Aim of the exercise>
When you reach the line containing "self.old.words) ≡ TokenKind.Key Keyword.Mitigate" in the records below, start copying exactly, and stop once you have copied the line containing "self.sign(Sign::RightRound)?;".

Source material>
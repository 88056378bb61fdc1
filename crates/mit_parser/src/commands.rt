//! The parser of commands.

ghost use Rattle.std.specs.Prelude.{◌≡◌, MatchResult};
ghost use Rattle.mit_syntax.specs.Plan.{command_plan, list_plan};
ghost use Rattle.mit_parser.specs.Words.{head_symbol, kind_of};
ghost use Rattle.mit_parser.specs.Machine.{marks, second, a_command, a_block, otherwise, commands};
ghost use Rattle.mit_parser.specs.Scope.{labels_in};
ghost use Rattle.mit_parser.specs.Reads.{scope_of, IsSecond, IsMarks, IsCommand, IsBlock, IsElse, IsCommands, Refused};

use crate::fault::ParseFault;
use crate::names::{Names, array_use, both, scalar_use};
use crate::parser::Parser;
use label_lattice::label::Label;
use label_lattice::lattice::Lattice;
use mit_syntax::ast::{Command, Form};
use mit_syntax::token::{Keyword, Sign, TokenKind};
use std::alloc::Global;
use text_base::pos::Pos;

impl<'a> Parser<'a> {
    // [ "," name ]
    fn second(&mut self, lattice: &Option<Lattice>) -> Result<Option<Label>, ParseFault>
        ensures { MatchResult result (IsSecond (labels_in lattice.now) self.old self.new) (Refused second self.old self.new) }
    {
        if !self.accept_sign(Sign::Comma)? {
            return Ok(None);
        }
        let (name, pos) = self.name()?;
        let label = self.label(lattice, &name, pos);
        Ok(Some(label))
    }

    // [ "@" "[" name [ "," name ] "]" ]
    fn marks(&mut self, lattice: &Option<Lattice>) -> Result<Option<(Label, Label)>, ParseFault>
        ensures { MatchResult result (IsMarks (labels_in lattice.now) self.old self.new) (Refused marks self.old self.new) }
    {
        if !self.accept_sign(Sign::At)? {
            return Ok(None);
        }
        self.sign(Sign::LeftSquare)?;
        let (name, pos) = self.name()?;
        let read = self.label(lattice, &name, pos);
        let write = self.second(lattice)?;
        self.sign(Sign::RightSquare)?;
        Ok(Some(both(read, write)))
    }

    // "skip" [ marks ]
    fn skip(&mut self, names: &Names) -> Result<Command, ParseFault>
        requires { kind_of (head_symbol self.old.words) ≡ TokenKind.Key Keyword.Skip }
        ensures { MatchResult result (λ c. IsCommand (scope_of names.now) self.old self.new (command_plan c)) (Refused a_command self.old self.new) }
    {
        let pos = self.pos();
        self.advance()?;
        let labels = self.marks(&names.lattice)?;
        Ok(Command {
            pos,
            labels,
            form: Form::Skip,
        })
    }

    // name [ "[" expr "]" ] ":=" expr [ marks ]
    fn assignment(&mut self, alloc: Global, names: &Names) -> Result<Command, ParseFault>
        requires { kind_of (head_symbol self.old.words) ≡ TokenKind.Name }
        ensures { MatchResult result (λ c. IsCommand (scope_of names.now) self.old self.new (command_plan c)) (Refused a_command self.old self.new) }
    {
        let pos = self.pos();
        let name = self.name_here();
        self.advance()?;
        if !self.at_sign(Sign::LeftSquare) {
            let (fault, variable) = scalar_use(&names.variables, &name, pos);
            self.note(fault);
            self.sign(Sign::Assign)?;
            let value = self.expr(alloc, names)?;
            let labels = self.marks(&names.lattice)?;
            return Ok(Command {
                pos,
                labels,
                form: Form::Assign { variable, value },
            });
        }
        let (fault, place) = array_use(&names.variables, &name, pos);
        self.note(fault);
        let index = self.index(alloc, names)?;
        self.sign(Sign::Assign)?;
        let value = self.expr(alloc, names)?;
        let labels = self.marks(&names.lattice)?;
        Ok(Command {
            pos,
            labels,
            form: Form::Put {
                first: place.0,
                length: place.1,
                index,
                value,
            },
        })
    }

    // "sleep" expr [ marks ]
    fn sleep(&mut self, alloc: Global, names: &Names) -> Result<Command, ParseFault>
        requires { kind_of (head_symbol self.old.words) ≡ TokenKind.Key Keyword.Sleep }
        ensures { MatchResult result (λ c. IsCommand (scope_of names.now) self.old self.new (command_plan c)) (Refused a_command self.old self.new) }
    {
        let pos = self.pos();
        self.advance()?;
        let time = self.expr(alloc, names)?;
        let labels = self.marks(&names.lattice)?;
        Ok(Command {
            pos,
            labels,
            form: Form::Sleep { time },
        })
    }

    // "if" expr [ marks ] "then" block [ "else" block ]
    #[cycle(command)]
    fn branching(&mut self, alloc: Global, names: &Names) -> Result<Command, ParseFault>
        requires { kind_of (head_symbol self.old.words) ≡ TokenKind.Key Keyword.If }
        ensures { MatchResult result (λ c. IsCommand (scope_of names.now) self.old self.new (command_plan c)) (Refused a_command self.old self.new) }
    {
        let pos = self.pos();
        self.advance()?;
        let guard = self.expr(alloc, names)?;
        let labels = self.marks(&names.lattice)?;
        self.key(Keyword::Then)?;
        let then_part = self.block(alloc, names)?;
        let else_part = self.otherwise(alloc, names, pos)?;
        Ok(Command {
            pos,
            labels,
            form: Form::If {
                guard,
                then_part,
                else_part,
            },
        })
    }

    // "while" expr [ marks ] "do" block
    #[cycle(command)]
    fn repetition(&mut self, alloc: Global, names: &Names) -> Result<Command, ParseFault>
        requires { kind_of (head_symbol self.old.words) ≡ TokenKind.Key Keyword.While }
        ensures { MatchResult result (λ c. IsCommand (scope_of names.now) self.old self.new (command_plan c)) (Refused a_command self.old self.new) }
    {
        let pos = self.pos();
        self.advance()?;
        let guard = self.expr(alloc, names)?;
        let labels = self.marks(&names.lattice)?;
        self.key(Keyword::Do)?;
        let body = self.block(alloc, names)?;
        Ok(Command {
            pos,
            labels,
            form: Form::While { guard, body },
        })
    }

    // "mitigate" "(" expr [ "," name ] ")" [ marks ] block
    #[cycle(command)]
    fn mitigation(&mut self, alloc: Global, names: &Names) -> Result<Command, ParseFault>
        requires { kind_of (head_symbol self.old.words) ≡ TokenKind.Key Keyword.Mitigate }
        ensures { MatchResult result (λ c. IsCommand (scope_of names.now) self.old self.new (command_plan c)) (Refused a_command self.old self.new) }
    {
        let pos = self.pos();
        let mark = self.mitigate()?;
        self.sign(Sign::LeftRound)?;
        let estimate = self.expr(alloc, names)?;
        let level = self.second(&names.lattice)?;
        self.sign(Sign::RightRound)?;
        let labels = self.marks(&names.lattice)?;
        let body = self.block(alloc, names)?;
        Ok(Command {
            pos,
            labels,
            form: Form::Mitigate {
                mark,
                estimate,
                level,
                body,
            },
        })
    }

    // One command.
    #[cycle(command)]
    fn command(&mut self, alloc: Global, names: &Names) -> Result<Command, ParseFault>
        ensures { MatchResult result (λ c. IsCommand (scope_of names.now) self.old self.new (command_plan c)) (Refused a_command self.old self.new) }
    {
        match self.kind() {
            TokenKind::Name => self.assignment(alloc, names),
            TokenKind::Key(Keyword::Skip) => self.skip(names),
            TokenKind::Key(Keyword::Sleep) => self.sleep(alloc, names),
            TokenKind::Key(Keyword::If) => self.branching(alloc, names),
            TokenKind::Key(Keyword::While) => self.repetition(alloc, names),
            TokenKind::Key(Keyword::Mitigate) => self.mitigation(alloc, names),
            TokenKind::Key(_) | TokenKind::Number(_) | TokenKind::Sign(_) | TokenKind::End => {
                Err(self.unexpected())
            }
        }
    }

    // block = "{" commands "}"
    #[cycle(command)]
    fn block(&mut self, alloc: Global, names: &Names) -> Result<Vec<Command>, ParseFault>
        ensures { MatchResult result (λ v. IsBlock (scope_of names.now) self.old self.new (list_plan v.items)) (Refused a_block self.old self.new) }
    {
        self.sign(Sign::LeftBrace)?;
        let list = self.commands(alloc, names)?;
        self.sign(Sign::RightBrace)?;
        Ok(list)
    }

    // [ "else" block ], in an `if` at this position
    #[cycle(command)]
    fn otherwise(
        &mut self,
        alloc: Global,
        names: &Names,
        pos: Pos,
    ) -> Result<Vec<Command>, ParseFault>
        ensures { MatchResult result (λ v. IsElse (scope_of names.now) pos self.old self.new (list_plan v.items)) (Refused otherwise self.old self.new) }
    {
        if self.accept_key(Keyword::Else)? {
            return self.block(alloc, names);
        }
        let mut list = Vec::with_capacity(alloc, 1)?;
        list.push(Command {
            pos,
            labels: None,
            form: Form::Skip,
        })?;
        Ok(list)
    }

    /// commands = command { ";" command }
    #[cycle(command)]
    pub fn commands(&mut self, alloc: Global, names: &Names) -> Result<Vec<Command>, ParseFault>
        ensures { MatchResult result (λ v. IsCommands (scope_of names.now) self.old self.new (list_plan v.items)) (Refused commands self.old self.new) }
    {
        let first = self.command(alloc, names)?;
        let mut list = Vec::with_capacity(alloc, 1)?;
        list.push(first)?;
        while self.at_sign(Sign::Semicolon) {
            self.advance()?;
            let next = self.command(alloc, names)?;
            list.push(next)?;
        }
        Ok(list)
    }
}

Answer area>
        requires { kind_of (head_symbol self.old.words) ≡ TokenKind.Key Keyword.Mitigate }
        ensures { MatchResult result (λ c. IsCommand (scope_of names.now) self.old self.new (command_plan c)) (Refused a_command self.old self.new) }
    {
        let pos = self.pos();
        let mark = self.mitigate()?;
        self.sign(Sign::LeftRound)?;
        let estimate = self.expr(alloc, names)?;
        let level = self.second(&names.lattice)?;
        self.sign(Sign::RightRound)?;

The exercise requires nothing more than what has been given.